What you should do:
Look in the material below for the line holding "let mut words". Set it down exactly, with each later line up to and including the line holding "fn a_report_that_fails_is_a_write_fault(rt: HostRuntime)".

Entries supplied:
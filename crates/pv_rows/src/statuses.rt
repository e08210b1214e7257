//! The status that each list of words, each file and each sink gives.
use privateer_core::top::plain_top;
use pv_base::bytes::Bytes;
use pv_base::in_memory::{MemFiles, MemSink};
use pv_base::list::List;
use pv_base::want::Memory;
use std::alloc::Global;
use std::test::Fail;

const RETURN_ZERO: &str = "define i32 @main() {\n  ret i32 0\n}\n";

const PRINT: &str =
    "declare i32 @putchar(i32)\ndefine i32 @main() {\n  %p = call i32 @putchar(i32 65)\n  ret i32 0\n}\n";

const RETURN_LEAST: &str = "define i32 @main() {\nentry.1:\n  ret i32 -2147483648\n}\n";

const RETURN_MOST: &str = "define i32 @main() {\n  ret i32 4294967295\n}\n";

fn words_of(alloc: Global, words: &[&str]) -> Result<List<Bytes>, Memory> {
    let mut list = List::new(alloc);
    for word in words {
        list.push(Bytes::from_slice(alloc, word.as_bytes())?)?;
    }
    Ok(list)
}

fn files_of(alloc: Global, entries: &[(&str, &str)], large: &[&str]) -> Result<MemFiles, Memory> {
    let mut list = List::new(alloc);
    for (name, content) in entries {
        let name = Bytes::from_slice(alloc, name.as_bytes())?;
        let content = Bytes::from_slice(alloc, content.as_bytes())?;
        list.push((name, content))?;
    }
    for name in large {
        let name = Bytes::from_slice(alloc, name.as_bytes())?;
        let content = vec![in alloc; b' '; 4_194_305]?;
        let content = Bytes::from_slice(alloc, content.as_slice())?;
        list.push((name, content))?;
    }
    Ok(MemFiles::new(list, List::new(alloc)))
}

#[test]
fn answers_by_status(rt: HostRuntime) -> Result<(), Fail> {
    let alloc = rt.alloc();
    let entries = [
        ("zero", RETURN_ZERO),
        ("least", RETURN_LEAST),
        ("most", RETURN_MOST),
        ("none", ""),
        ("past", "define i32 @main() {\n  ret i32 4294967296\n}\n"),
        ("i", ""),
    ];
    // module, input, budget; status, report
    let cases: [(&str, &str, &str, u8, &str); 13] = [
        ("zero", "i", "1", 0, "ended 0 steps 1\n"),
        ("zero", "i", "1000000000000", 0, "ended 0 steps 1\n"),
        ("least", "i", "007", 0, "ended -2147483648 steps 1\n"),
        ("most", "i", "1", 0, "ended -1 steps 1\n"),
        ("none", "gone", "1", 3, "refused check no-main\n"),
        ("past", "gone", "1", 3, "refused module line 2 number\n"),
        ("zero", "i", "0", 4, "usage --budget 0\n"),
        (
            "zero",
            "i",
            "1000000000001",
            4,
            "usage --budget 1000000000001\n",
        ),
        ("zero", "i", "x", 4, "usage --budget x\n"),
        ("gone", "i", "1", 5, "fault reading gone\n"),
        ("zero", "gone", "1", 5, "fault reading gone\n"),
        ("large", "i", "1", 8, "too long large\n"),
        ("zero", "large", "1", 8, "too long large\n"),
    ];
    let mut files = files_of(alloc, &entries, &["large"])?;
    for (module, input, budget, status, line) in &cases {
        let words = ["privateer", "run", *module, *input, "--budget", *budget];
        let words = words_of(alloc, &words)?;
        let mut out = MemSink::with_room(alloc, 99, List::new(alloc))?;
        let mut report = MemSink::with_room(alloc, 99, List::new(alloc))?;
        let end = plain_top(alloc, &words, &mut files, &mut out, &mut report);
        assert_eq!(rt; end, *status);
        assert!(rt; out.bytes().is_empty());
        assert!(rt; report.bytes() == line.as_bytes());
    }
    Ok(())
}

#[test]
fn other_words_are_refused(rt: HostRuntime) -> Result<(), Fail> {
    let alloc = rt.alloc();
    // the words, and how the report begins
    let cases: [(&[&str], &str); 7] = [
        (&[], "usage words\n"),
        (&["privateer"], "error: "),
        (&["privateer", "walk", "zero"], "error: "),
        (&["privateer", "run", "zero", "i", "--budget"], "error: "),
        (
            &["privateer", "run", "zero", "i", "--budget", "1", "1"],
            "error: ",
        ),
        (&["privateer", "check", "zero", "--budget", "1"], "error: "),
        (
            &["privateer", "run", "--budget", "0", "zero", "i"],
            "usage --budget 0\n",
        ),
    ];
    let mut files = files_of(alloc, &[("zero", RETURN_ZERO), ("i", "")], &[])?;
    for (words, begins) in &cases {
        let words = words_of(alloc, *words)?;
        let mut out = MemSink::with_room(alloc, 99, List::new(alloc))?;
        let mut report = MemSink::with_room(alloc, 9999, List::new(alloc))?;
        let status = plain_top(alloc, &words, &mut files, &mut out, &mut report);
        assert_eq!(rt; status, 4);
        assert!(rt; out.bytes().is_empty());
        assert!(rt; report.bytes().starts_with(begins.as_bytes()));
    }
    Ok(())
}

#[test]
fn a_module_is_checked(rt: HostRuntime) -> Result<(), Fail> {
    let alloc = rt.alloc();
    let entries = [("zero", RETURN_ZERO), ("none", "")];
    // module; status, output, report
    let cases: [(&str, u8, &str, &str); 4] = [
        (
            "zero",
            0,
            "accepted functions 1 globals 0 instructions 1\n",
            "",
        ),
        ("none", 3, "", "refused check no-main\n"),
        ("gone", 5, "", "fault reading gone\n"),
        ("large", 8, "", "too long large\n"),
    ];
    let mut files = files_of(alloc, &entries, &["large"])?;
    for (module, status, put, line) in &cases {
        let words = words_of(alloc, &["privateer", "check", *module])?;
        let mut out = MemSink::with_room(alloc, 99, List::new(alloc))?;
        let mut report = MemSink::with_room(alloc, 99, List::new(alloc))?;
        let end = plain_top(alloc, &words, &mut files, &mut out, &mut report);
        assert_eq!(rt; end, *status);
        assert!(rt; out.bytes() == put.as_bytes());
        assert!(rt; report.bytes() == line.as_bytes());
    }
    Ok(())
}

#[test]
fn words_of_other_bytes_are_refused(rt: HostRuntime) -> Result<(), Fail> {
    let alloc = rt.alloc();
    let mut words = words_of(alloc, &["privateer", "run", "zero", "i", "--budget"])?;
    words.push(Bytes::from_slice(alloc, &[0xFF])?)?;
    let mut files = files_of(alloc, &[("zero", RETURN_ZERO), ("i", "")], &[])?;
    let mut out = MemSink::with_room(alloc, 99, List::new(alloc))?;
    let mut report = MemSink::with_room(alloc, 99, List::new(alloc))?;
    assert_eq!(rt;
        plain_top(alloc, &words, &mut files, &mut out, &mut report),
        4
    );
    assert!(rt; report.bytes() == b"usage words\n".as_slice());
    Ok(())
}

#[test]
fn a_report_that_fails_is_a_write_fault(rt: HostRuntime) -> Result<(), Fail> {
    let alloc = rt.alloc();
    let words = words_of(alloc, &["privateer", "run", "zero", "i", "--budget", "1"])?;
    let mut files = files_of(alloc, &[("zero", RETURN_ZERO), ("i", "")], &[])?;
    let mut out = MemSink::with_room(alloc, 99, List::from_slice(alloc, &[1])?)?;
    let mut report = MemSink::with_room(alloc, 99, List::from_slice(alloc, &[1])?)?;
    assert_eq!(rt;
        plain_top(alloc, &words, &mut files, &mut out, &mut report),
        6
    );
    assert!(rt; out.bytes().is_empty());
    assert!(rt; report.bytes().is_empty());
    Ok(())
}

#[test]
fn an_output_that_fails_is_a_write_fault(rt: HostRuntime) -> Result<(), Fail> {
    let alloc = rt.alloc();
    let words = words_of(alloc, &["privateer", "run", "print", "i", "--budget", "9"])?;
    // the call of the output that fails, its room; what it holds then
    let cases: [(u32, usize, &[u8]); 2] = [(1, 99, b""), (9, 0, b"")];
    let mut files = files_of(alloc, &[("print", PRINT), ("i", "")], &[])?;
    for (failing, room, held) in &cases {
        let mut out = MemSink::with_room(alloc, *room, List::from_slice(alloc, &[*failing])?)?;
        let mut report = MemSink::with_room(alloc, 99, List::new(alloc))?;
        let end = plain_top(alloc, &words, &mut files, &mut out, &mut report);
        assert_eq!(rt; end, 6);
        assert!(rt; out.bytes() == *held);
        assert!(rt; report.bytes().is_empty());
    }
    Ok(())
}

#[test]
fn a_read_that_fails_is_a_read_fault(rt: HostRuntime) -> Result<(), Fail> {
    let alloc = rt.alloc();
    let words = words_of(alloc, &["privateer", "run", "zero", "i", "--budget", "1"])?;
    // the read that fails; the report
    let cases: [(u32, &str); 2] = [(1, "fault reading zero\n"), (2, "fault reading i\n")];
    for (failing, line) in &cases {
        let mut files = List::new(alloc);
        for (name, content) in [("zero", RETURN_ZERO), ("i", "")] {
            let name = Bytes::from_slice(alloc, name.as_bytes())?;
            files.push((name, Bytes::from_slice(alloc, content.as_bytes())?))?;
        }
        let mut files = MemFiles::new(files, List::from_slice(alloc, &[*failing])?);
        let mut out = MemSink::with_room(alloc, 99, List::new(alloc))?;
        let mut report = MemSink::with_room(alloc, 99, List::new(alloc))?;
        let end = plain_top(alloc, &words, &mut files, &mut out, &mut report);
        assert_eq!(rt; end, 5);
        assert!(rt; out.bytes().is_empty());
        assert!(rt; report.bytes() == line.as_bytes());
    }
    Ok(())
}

Written response:
    let mut words = words_of(alloc, &["privateer", "run", "zero", "i", "--budget"])?;
    words.push(Bytes::from_slice(alloc, &[0xFF])?)?;
    let mut files = files_of(alloc, &[("zero", RETURN_ZERO), ("i", "")], &[])?;
    let mut out = MemSink::with_room(alloc, 99, List::new(alloc))?;
    let mut report = MemSink::with_room(alloc, 99, List::new(alloc))?;
    assert_eq!(rt;
        plain_top(alloc, &words, &mut files, &mut out, &mut report),
        4
    );
    assert!(rt; report.bytes() == b"usage words\n".as_slice());
    Ok(())
}

#[test]
fn a_report_that_fails_is_a_write_fault(rt: HostRuntime) -> Result<(), Fail> {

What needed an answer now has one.